▶ **Task item**:
Nothing but the lines holding the string "passes" should appear in the answer. Copy them from the entries.

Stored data
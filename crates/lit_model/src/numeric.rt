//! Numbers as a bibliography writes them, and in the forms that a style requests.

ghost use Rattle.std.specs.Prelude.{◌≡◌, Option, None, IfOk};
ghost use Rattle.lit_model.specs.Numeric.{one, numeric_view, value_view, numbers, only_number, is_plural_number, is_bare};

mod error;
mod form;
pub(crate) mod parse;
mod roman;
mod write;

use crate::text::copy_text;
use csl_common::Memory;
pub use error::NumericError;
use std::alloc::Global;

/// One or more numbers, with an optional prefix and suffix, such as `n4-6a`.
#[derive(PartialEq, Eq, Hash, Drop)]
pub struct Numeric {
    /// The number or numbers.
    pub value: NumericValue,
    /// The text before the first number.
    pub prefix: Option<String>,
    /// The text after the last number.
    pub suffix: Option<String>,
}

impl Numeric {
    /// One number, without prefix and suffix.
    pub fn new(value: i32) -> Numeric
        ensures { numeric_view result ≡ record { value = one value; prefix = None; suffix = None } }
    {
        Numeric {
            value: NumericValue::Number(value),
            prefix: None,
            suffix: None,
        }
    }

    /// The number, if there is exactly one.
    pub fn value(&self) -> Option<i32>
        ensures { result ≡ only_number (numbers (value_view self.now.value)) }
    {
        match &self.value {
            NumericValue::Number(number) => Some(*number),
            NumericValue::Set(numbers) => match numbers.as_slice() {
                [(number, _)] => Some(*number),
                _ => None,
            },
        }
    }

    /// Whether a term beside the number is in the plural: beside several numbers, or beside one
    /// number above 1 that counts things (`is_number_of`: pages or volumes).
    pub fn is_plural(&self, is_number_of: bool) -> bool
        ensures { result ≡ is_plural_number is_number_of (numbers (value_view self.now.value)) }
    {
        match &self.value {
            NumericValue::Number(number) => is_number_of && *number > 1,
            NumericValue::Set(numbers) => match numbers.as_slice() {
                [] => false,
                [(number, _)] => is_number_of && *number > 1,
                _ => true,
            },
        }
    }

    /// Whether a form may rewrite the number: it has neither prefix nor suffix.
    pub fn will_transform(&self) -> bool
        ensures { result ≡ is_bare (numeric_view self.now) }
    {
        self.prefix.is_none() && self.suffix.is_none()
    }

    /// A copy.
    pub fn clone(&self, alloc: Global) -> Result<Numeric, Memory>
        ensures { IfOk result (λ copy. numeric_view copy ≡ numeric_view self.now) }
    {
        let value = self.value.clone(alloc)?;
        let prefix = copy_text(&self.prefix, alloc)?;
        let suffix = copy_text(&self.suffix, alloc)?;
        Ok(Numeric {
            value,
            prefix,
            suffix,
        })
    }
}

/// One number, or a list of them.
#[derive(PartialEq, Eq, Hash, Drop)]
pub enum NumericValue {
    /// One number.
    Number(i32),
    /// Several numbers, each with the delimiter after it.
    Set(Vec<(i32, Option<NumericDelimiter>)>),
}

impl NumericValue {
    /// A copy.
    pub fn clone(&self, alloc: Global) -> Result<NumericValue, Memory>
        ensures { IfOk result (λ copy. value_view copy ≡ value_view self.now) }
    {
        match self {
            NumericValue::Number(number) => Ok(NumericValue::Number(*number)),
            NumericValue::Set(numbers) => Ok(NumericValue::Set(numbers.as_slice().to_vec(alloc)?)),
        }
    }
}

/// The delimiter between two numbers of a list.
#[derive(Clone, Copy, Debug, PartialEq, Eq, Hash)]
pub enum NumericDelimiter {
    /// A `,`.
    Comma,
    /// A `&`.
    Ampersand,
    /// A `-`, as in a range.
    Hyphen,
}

* * *

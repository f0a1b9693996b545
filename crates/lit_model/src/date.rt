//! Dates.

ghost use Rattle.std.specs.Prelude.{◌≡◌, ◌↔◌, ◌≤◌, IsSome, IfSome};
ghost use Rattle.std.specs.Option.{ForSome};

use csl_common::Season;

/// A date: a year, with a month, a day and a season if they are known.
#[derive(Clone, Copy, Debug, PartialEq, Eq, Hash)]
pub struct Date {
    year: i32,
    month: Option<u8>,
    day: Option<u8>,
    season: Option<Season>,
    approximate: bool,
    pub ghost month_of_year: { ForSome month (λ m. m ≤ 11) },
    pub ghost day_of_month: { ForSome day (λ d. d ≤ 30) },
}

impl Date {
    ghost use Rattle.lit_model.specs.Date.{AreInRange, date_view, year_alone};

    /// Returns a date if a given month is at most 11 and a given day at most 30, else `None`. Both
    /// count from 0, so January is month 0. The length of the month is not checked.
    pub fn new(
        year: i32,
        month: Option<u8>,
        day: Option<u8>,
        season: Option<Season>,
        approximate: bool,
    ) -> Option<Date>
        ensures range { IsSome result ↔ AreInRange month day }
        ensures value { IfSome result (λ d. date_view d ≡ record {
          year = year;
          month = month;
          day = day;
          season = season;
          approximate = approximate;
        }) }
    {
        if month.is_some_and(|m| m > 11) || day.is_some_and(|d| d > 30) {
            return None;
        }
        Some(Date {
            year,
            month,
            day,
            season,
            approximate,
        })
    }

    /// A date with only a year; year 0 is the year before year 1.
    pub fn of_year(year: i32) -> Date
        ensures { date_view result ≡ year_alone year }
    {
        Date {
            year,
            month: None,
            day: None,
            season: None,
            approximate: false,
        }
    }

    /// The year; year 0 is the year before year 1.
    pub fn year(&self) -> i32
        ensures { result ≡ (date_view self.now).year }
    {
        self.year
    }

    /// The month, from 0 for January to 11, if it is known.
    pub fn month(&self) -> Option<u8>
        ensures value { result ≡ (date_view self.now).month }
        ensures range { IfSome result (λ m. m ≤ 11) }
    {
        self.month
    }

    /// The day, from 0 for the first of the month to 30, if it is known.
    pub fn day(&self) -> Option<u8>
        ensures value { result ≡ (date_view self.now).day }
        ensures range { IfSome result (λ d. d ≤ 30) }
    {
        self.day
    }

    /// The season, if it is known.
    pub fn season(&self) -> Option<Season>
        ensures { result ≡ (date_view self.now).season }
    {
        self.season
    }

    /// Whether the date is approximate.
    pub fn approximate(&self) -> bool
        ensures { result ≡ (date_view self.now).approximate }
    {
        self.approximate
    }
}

--

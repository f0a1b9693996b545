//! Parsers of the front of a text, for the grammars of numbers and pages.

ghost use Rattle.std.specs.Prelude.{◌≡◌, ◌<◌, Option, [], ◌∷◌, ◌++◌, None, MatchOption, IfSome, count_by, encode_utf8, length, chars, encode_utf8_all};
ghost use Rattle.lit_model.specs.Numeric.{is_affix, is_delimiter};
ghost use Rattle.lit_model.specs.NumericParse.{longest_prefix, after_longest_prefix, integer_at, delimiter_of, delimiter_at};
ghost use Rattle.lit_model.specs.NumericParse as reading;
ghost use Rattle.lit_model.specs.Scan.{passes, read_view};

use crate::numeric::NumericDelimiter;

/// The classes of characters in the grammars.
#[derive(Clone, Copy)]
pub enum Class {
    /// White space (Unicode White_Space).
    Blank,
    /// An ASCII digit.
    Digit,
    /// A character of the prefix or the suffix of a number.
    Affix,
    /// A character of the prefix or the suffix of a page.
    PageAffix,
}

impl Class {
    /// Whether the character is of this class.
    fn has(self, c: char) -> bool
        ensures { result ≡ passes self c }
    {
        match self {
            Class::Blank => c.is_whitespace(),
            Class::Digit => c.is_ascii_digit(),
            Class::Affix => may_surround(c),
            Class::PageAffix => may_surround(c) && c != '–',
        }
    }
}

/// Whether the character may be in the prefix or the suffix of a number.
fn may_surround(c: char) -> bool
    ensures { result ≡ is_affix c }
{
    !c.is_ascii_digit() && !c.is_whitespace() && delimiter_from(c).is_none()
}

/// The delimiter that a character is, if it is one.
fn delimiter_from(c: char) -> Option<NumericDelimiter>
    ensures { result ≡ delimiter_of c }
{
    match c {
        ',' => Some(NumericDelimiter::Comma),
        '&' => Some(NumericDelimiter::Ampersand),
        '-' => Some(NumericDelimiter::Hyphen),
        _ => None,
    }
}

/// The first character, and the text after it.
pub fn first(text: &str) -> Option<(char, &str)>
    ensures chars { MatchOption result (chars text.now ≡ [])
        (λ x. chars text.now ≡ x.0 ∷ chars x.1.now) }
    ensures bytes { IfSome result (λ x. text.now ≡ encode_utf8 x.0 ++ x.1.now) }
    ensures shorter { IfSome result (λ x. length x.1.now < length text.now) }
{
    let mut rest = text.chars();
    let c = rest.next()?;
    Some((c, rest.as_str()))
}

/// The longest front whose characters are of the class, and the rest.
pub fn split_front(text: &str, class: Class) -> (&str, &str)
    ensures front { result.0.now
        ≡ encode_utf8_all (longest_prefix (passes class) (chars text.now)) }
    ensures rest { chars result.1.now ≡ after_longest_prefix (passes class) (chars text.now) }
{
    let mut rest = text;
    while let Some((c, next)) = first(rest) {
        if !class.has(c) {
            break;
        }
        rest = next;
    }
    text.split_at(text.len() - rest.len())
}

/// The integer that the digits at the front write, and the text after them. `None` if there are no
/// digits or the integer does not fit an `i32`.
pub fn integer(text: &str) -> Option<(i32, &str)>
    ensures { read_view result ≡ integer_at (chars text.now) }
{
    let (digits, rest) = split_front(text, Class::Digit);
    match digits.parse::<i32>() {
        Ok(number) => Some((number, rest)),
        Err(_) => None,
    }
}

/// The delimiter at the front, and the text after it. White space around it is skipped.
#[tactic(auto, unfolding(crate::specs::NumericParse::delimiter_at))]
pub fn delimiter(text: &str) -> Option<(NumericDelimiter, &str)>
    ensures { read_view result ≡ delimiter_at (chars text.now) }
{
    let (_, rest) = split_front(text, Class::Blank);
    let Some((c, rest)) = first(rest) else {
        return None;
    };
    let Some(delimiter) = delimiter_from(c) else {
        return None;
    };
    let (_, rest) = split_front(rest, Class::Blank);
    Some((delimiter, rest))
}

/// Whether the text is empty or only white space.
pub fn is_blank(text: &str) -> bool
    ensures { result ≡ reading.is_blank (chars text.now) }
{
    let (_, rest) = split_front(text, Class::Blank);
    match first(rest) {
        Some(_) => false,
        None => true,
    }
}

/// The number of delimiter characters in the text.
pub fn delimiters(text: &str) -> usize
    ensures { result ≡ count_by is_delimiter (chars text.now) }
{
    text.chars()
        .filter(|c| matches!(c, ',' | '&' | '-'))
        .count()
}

▶ **Response to this task**:
ghost use Rattle.lit_model.specs.Scan.{passes, read_view};
        ensures { result ≡ passes self c }
        ≡ encode_utf8_all (longest_prefix (passes class) (chars text.now)) }
    ensures rest { chars result.1.now ≡ after_longest_prefix (passes class) (chars text.now) }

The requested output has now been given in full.